The Third Circuit used a “functional” test to determine immunity, based on the Supreme Court decision in Burns v. Reed, stating that an individual would have absolute immunity if their function was “integral to the judicial process.” Id. at 178. Based on this test, the court held that Gibbons’ function was integral to the judicial process and affirmed the district court’s holding that he was entitled to absolute immunity. Id. Williams contended that, because Gibbons’ report did not make an explicit recommendation for the parole board, Gibbons was not acting in a judicial capacity and should not be granted absolute immunity. Id. at 178-79. The Third Circuit did not directly disagree with this characterization of Gibbons’ function but emphasized the importance of judicial and quasi-judicial immunity in ensuring objective reports from experts like Gibbons. Id. at 179. This is a more expansive view of absolute judicial immunity than the Ninth Circuit held in the case discussed below.
The Ninth Circuit
In an appeal heard earlier this year, the 9th Circuit affirmed a district court’s ruling that parole board psychologists were not entitled to absolute immunity. Gay v. Parsons, 61 F.4th 1088, 1089 (9th Cir. 2023). Omar Sharrieff Gay sued psychologists Gregory Goldstein and Amy Parsons, claiming they discriminated against him because of his race and religion. Id. Goldstein and Parsons prepared a risk assessment report for a parole hearing that labeled Gay as a “high risk for future violence.” Id. In response to a motion for summary judgment, the district court held that the psychologists were entitled to qualified immunity on one claim, but could not prove they were entitled to qualified immunity or absolute immunity on the other claim at that stage in the proceedings. Id. at 1090. After discovery, the psychologists again moved for summary judgment, claiming absolute immunity, which the district court denied. Id. Goldstein and Parsons appealed immediately. Id.

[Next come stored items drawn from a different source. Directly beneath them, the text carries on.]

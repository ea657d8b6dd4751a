//! The words of a guarded image: those of its first cycles, in which some samples have not begun, and whole words.
ghost use Rattle.std.specs.Prelude.{◌≡◌, ◌≤◌, map, IfOk};
ghost use Rattle.micro_image.specs.Valid.{IsValid};
ghost use Rattle.overlap_sim.specs.Guarded.{unguarded, unguarded_word};
ghost use Rattle.overlap_sim.specs.Private.Stages.{AreUpTo, IsUpTo, AllUpTo, IsPrologue};

use crate::fault::GuardFault;
use crate::guarded::{Guarded, GuardedWord, Staged};
use crate::obeyed::obeyed;
use lists::List;
use micro_image::Word;
use std::alloc::Global;

/// The latest stage of the parts, or one that is later.
fn last_of<T>(parts: &List<Staged<T>>, least: u8) -> u8
    ensures up_to { AreUpTo result parts.now }
    ensures least { least ≤ result }
{
    let mut last = least;
    for staged in parts.iter() {
        if last < staged.stage {
            last = staged.stage;
        }
    }
    last
}

/// The latest stage of a word, or one that is later.
fn last_in(word: &GuardedWord, least: u8) -> u8
    ensures up_to { IsUpTo result word.now }
    ensures least { least ≤ result }
{
    last_of(
        &word.takes,
        last_of(&word.enables, last_of(&word.issues, least)),
    )
}

/// The latest stage of the words.
pub(crate) fn last_stage(words: &List<GuardedWord>) -> u8
    ensures { AllUpTo result words.now }
{
    let mut last = 0;
    for word in words.iter() {
        last = last_in(word, last);
    }
    last
}

/// The words of the cycles before the sample in which the latest stage begins.
pub(crate) fn prologue(alloc: Global, guarded: &Guarded, last: u8) -> Result<List<Word>, GuardFault>
    requires valid { IsValid (unguarded guarded.now) }
    requires last { AllUpTo last guarded.now.words }
    ensures { IfOk result (IsPrologue guarded.now) }
{
    let period = usize::from(guarded.period);
    let round = guarded.words.len();
    let mut words = List::new(alloc);
    for cycle in 0..usize::from(last) * period {
        words.push(obeyed(alloc, cycle / period, &guarded.words[cycle % round])?)?;
    }
    Ok(words)
}

/// The words without the stages.
pub(crate) fn whole_words(
    alloc: Global,
    words: &List<GuardedWord>,
    last: u8,
) -> Result<List<Word>, GuardFault>
    requires { AllUpTo last words.now }
    ensures { IfOk result (λ whole_words. whole_words ≡ map unguarded_word words.now) }
{
    let mut whole = List::with_capacity(alloc, words.len())?;
    for word in words.iter() {
        whole.push(obeyed(alloc, usize::from(last), word)?)?;
    }
    Ok(whole)
}
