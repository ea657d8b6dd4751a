//! The rows of a table before anything is taken.

ghost use Rattle.std.specs.Prelude.{◌≡◌, ◌≤◌, ◌*◌, ℕ, length, IfOk};
ghost use Rattle.datapath.specs.Allowed.{IsDatapath};
ghost use Rattle.bus_alloc.specs.Private.Rows.{AreRows};
ghost use Rattle.bus_alloc.specs.Private.Fresh.{AreFreshUnits, AreFreshFiles, AreFreshBuses, AreFresh};

use crate::cycles::CycleSet;
use crate::routes::{driven_by, leading_to};
use crate::rows::{FileRow, MOST_PORTS, Rows, UnitRow};
use datapath::{Bus, Datapath, PortRef, Unit};
use lists::List;
use std::alloc::{AllocError, Global};

/// A datapath has at most this many buses.
const MOST_BUSES: usize = 32;

fn unit_rows(alloc: Global, units: &[Unit], buses: &[Bus]) -> Result<List<UnitRow>, AllocError>
    requires units { length units.now ≤ 32 }
    requires buses { length buses.now ≤ 32 }
    ensures { IfOk result (AreFreshUnits units.now buses.now (length units.now)) }
{
    let mut rows = List::with_capacity(alloc, units.len())?;
    for (number, unit) in units.iter().enumerate() {
        rows.push(UnitRow {
            latency: unit.latency,
            gap: unit.gap,
            drives: driven_by(buses, number as u8),
            busy: CycleSet::new(),
        })?;
    }
    Ok(rows)
}

fn file_rows(alloc: Global, units: usize, buses: &[Bus]) -> Result<List<FileRow>, AllocError>
    requires units { units ≤ 32 }
    requires buses { length buses.now ≤ 32 }
    ensures { IfOk result (AreFreshFiles buses.now (3 * units)) }
{
    let mut rows = List::with_capacity(alloc, MOST_PORTS * units)?;
    for number in 0..MOST_PORTS * units {
        let port = PortRef {
            unit: (number / MOST_PORTS) as u8,
            port: (number % MOST_PORTS) as u8,
        };
        rows.push(FileRow {
            sources: leading_to(buses, port),
            written: CycleSet::new(),
        })?;
    }
    Ok(rows)
}

fn bus_rows(alloc: Global) -> Result<List<CycleSet>, AllocError>
    ensures { IfOk result (AreFreshBuses 32) }
{
    let mut rows = List::with_capacity(alloc, MOST_BUSES)?;
    for _ in 0..MOST_BUSES {
        rows.push(CycleSet::new())?;
    }
    Ok(rows)
}

/// The rows of a table in which nothing is taken.
pub fn fresh_rows(alloc: Global, datapath: &Datapath) -> Result<Rows, AllocError>
    requires { IsDatapath datapath.now }
    ensures rows { IfOk result AreRows }
    ensures fresh { IfOk result (AreFresh datapath.now) }
{
    let units = unit_rows(alloc, &datapath.units, &datapath.buses)?;
    let files = file_rows(alloc, datapath.units.len(), &datapath.buses)?;
    let buses = bus_rows(alloc)?;
    Ok(Rows {
        period: datapath.period,
        units,
        files,
        buses,
    })
}
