//! The guarded image of a plan of several stages.

ghost use Rattle.std.specs.Prelude.{◌-◌, IfOk};
ghost use Rattle.datapath.specs.Allowed.{IsDatapath};
ghost use Rattle.signal_graph.specs.GraphRules.{IsGraph};
ghost use Rattle.signal_graph.specs.declared.graph.Graph.{Graph};
ghost use Rattle.micro_image.specs.Valid.{IsValid};
ghost use Rattle.plan_soundness.specs.Run.{RunsSolutionLate};
ghost use Rattle.overlap_plan.specs.IsStagePlan.{IsStagePlan, plan_of};
ghost use Rattle.overlap_sim.specs.Guarded.{of_guarded, unguarded};
ghost use Rattle.overlap_sim.specs.GuardedOf.{IsGuardedOf};
ghost use Rattle.overlap_sim.specs.Guardable.{IsFeasibleStagePlan, IsGuardable};
ghost use Rattle.overlap_plan.specs.StagePlanned.{IsStagePlanned};
ghost use Rattle.overlap_sim.specs.Private.Staged.{IsStageReady};

use crate::guarded::Guarded;
use crate::starts::units;
use crate::words::words;
use datapath::Datapath;
use microcode_asm::widths_of;
use overlap_plan::{GuardFault, StagePlan};
use std::alloc::Global;

fn guarded_of(alloc: Global, plan: &StagePlan, datapath: &Datapath) -> Result<Guarded, GuardFault>
    requires { IsStageReady datapath.now plan.now }
    ensures { IfOk result (IsGuardedOf plan.now.stages datapath.now (plan_of plan.now)) }
{
    Ok(Guarded {
        period: datapath.period,
        unroll: plan.unroll,
        inputs: widths_of(alloc, &plan.inputs)?,
        outs: plan.outs,
        units: units(alloc, plan, datapath)?,
        buses: datapath.buses.len() as u8,
        words: words(alloc, plan, datapath)?,
    })
}

/// The guarded image of a feasible plan of several stages, whose units and cycles may have been chosen by any rule.
///
/// # Errors
///
/// `Memory` where no memory is left.
pub fn guard_feasible(
    alloc: Global,
    plan: &StagePlan,
    datapath: &Datapath,
) -> Result<Guarded, GuardFault>
    requires datapath { IsDatapath datapath.now }
    requires plan { IsGuardable datapath.now plan.now }
    ensures image { IfOk result (IsGuardedOf plan.now.stages datapath.now (plan_of plan.now)) }
    // Without the stages it is an image that a machine takes.
    ensures valid { IfOk result (λ guarded. IsValid (unguarded guarded)) }
    // It runs the solution of each graph of which this is a feasible plan, all but one of the stages late.
    ensures runs { (g : Graph) → IsGraph g → IsFeasibleStagePlan g datapath.now plan.now
        → IfOk result (λ guarded. RunsSolutionLate (plan.now.stages - 1) g (of_guarded guarded)) }
{
    guarded_of(alloc, plan, datapath)
}

/// The guarded image of a plan of several stages: a guarded word for each cycle until the microprogram repeats, and the
/// words with which cells start. All registers start with 0. The plan is that of some sound graph on this datapath, of
/// 1 to 4 stages. Page `docs/MACHINE.md`, "Guarded words".
///
/// # Errors
///
/// `Memory` where no memory is left.
pub fn guard(alloc: Global, plan: &StagePlan, datapath: &Datapath) -> Result<Guarded, GuardFault>
    requires datapath { IsDatapath datapath.now }
    requires plan { IsStagePlanned datapath.now plan.now }
    ensures image { IfOk result (IsGuardedOf plan.now.stages datapath.now (plan_of plan.now)) }
    // Without the stages it is an image that a machine takes.
    ensures valid { IfOk result (λ guarded. IsValid (unguarded guarded)) }
    // It runs the solution of each graph whose plan this is, all but one of the stages late.
    ensures runs { (g : Graph) → IsGraph g → IsStagePlan g datapath.now plan.now.stages plan.now
        → IfOk result (λ guarded. RunsSolutionLate (plan.now.stages - 1) g (of_guarded guarded)) }
{
    guarded_of(alloc, plan, datapath)
}
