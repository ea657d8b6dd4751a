//! The first element that depends on itself without a delay.

ghost use Rattle.std.specs.Prelude.{IfOk};
ghost use Rattle.signal_graph.specs.Flat.{view};
ghost use Rattle.signal_graph.specs.FlatRules.{IsFlat};
ghost use Rattle.flow_graph.specs.Loops.{IsLoopIn};

use crate::reads::reads_of_all;
use digraph::first_cyclic;
use signal_graph::FlatProgram;
use std::alloc::{AllocError, Global};

/// The first element that depends on itself without a delay.
pub(crate) fn first_loop(alloc: Global, flat: &FlatProgram) -> Result<Option<u32>, AllocError>
    requires { IsFlat (view flat.now) }
    ensures { IfOk result (IsLoopIn (view flat.now)) }
{
    let reads = reads_of_all(alloc, flat)?;
    first_cyclic(alloc, reads.as_slice())
}
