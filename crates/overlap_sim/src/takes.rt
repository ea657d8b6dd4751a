//! The register-file writes of a cycle of the period.

ghost use Rattle.std.specs.Prelude.{◌<◌, length, IfOk};
ghost use Rattle.overlap_plan.specs.IsStagePlan.{plan_of};
ghost use Rattle.overlap_sim.specs.Private.Staged.{IsStageReady, HasTakes, IsTakeFor, IsIssuer};

use crate::cycles::shift_of;
use crate::guarded::Staged;
use crate::issues::Issuer;
use datapath::Datapath;
use lists::List;
use micro_image::Take;
use microcode_asm::{bus_to, copy_in};
use overlap_plan::{GuardFault, StagePlan};
use std::alloc::Global;

/// The take of lifetime k in machine sample m.
fn take(plan: &StagePlan, datapath: &Datapath, k: usize, m: usize) -> Staged<Take>
    requires ready { IsStageReady datapath.now plan.now }
    requires there { k < length plan.now.arcs }
    ensures { IsTakeFor datapath.now (plan_of plan.now) k m result }
{
    let stage = shift_of(plan, datapath, k);
    let arc = plan.arcs[k];
    let slot = &plan.schedule.slots[arc.node as usize];
    let part = Take {
        port: arc.port,
        bus: bus_to(slot.transfers.as_slice(), arc.port),
        reg: plan.registers.regs[k][copy_in(arc.copies, m)],
    };
    Staged { part, stage }
}

/// The register-file writes of cycle c of machine sample m.
pub(crate) fn takes(
    alloc: Global,
    issuer: &Issuer,
    m: usize,
    c: usize,
) -> Result<List<Staged<Take>>, GuardFault>
    requires issuer { IsIssuer issuer.now }
    requires sample { m < issuer.now.plan.now.unroll }
    requires cycle { c < issuer.now.datapath.now.period }
    ensures { IfOk result (HasTakes issuer.now.datapath.now (plan_of issuer.now.plan.now) m c) }
{
    let mut takes = List::new(alloc);
    let mut k = issuer.written.first[c];
    while k < issuer.plan.arcs.len() {
        takes.push(take(issuer.plan, issuer.datapath, k, m))?;
        k = issuer.written.next[k];
    }
    Ok(takes)
}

The Ninth Circuit applied a different functional test than the Third Circuit. The Third Circuit largely relied on the Supreme Court case Burns v. Reed in their reasoning, while the Ninth Circuit referred to the test laid out in Antoine v. Byers & Anderson, 508 U.S. 429 (1993), decided two years after Burns. Gay, 61 F.4th at 1094. Under the Antoine “judicial functions" test, the Ninth Circuit held that Goldstein and Parsons were not entitled to absolute quasi-judicial immunity because they were not making the parole eligibility decision, but rather producing an advisory report. Id. at 1093. The test they used was not based on the importance of the psychologists’ function to the judicial process, like the Burns test, but the nature of their function, which, they determined, was not judicial. Id. However, the Ninth Circuit left the question of qualified immunity to the district court. Id. at 1095. The Ninth Circuit acknowledged the split from the Third Circuit, justifying their decision on the basis of Antoine, a more recent case than Burns, being the controlling authority on this issue. Id. at 1095.
LOOKING FOWARD
The question of whether to extend absolute judicial or quasi-judicial immunity to psychologists working for parole boards is narrow, but it shows that the extent of judicial immunity remains unclear in certain circumstances. Clarity is needed as to what roles in the judicial system entitle a person to absolute immunity from § 1983 civil rights suits. The historical aspect of the “judicial function” test makes it likely unsuitable to be replaced by a bright-line rule, but expanding absolute judicial immunity should be done with caution. The Supreme Court may want to make it clear who can and cannot receive this privilege.